GIVEN ENTRIES below:

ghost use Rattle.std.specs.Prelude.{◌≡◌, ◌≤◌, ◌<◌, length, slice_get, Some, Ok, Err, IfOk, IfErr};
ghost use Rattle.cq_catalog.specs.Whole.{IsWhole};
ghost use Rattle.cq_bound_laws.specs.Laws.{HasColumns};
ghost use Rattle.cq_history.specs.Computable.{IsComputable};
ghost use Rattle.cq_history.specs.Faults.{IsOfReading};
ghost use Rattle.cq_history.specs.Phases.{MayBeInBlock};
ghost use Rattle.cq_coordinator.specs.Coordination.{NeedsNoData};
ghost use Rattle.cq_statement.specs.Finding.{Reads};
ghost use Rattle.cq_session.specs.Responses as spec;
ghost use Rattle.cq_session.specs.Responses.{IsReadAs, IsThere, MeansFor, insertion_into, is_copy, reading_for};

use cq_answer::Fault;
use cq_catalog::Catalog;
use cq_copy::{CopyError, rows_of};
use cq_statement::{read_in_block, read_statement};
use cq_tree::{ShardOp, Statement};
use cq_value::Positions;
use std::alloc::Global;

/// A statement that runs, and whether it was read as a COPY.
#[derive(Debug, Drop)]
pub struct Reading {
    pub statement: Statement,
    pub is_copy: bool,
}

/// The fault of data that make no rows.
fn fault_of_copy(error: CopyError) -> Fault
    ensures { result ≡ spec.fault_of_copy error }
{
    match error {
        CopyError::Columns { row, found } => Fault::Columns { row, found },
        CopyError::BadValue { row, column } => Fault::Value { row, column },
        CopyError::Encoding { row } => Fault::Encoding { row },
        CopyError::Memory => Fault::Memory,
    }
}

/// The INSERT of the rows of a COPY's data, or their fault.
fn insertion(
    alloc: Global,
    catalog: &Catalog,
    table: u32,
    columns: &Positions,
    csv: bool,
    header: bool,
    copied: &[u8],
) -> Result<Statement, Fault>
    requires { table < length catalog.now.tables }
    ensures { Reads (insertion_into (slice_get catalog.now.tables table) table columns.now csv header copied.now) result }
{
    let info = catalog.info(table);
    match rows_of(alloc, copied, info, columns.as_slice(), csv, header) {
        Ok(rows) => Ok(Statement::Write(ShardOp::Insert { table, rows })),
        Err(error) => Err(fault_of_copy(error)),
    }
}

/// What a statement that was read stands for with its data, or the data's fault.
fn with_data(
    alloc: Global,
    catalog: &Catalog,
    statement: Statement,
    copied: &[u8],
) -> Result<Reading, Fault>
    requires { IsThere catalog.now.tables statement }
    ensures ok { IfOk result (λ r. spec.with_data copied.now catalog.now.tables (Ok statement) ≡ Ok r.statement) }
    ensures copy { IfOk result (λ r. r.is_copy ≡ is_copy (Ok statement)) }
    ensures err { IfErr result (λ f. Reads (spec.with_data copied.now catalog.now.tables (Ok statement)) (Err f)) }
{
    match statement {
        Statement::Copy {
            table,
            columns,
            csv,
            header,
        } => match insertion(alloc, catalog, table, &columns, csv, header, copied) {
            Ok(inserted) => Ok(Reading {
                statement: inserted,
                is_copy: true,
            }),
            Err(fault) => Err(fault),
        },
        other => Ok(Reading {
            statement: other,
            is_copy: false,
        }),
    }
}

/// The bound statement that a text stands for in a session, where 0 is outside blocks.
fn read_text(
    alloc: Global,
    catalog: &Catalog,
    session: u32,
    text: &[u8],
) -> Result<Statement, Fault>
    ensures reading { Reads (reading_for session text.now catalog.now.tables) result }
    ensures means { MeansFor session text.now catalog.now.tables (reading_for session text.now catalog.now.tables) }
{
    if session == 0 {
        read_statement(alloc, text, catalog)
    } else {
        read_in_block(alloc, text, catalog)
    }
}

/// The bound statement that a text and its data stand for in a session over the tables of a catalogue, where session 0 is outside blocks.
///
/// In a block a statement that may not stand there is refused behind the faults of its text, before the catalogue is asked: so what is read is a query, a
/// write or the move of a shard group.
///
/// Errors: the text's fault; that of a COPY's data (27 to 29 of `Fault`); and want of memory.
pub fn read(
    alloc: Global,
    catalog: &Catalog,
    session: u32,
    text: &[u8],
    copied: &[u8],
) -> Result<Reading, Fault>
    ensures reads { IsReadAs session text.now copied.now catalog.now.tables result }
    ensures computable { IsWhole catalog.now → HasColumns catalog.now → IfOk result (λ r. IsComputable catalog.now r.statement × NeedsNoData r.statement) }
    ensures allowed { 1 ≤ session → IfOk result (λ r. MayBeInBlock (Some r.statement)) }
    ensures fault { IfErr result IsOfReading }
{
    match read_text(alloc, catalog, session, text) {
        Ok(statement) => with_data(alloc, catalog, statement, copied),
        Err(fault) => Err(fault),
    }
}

End of GIVEN ENTRIES.

▸ **REQUIRED ACTION**
What is needed is each line from the records with the word "alloc" in it.

▸ **TASK SOLUTION**
use std::alloc::Global;
    alloc: Global,
    match rows_of(alloc, copied, info, columns.as_slice(), csv, header) {
    alloc: Global,
        } => match insertion(alloc, catalog, table, &columns, csv, header, copied) {
    alloc: Global,
        read_statement(alloc, text, catalog)
        read_in_block(alloc, text, catalog)
    alloc: Global,
    match read_text(alloc, catalog, session, text) {
        Ok(statement) => with_data(alloc, catalog, statement, copied),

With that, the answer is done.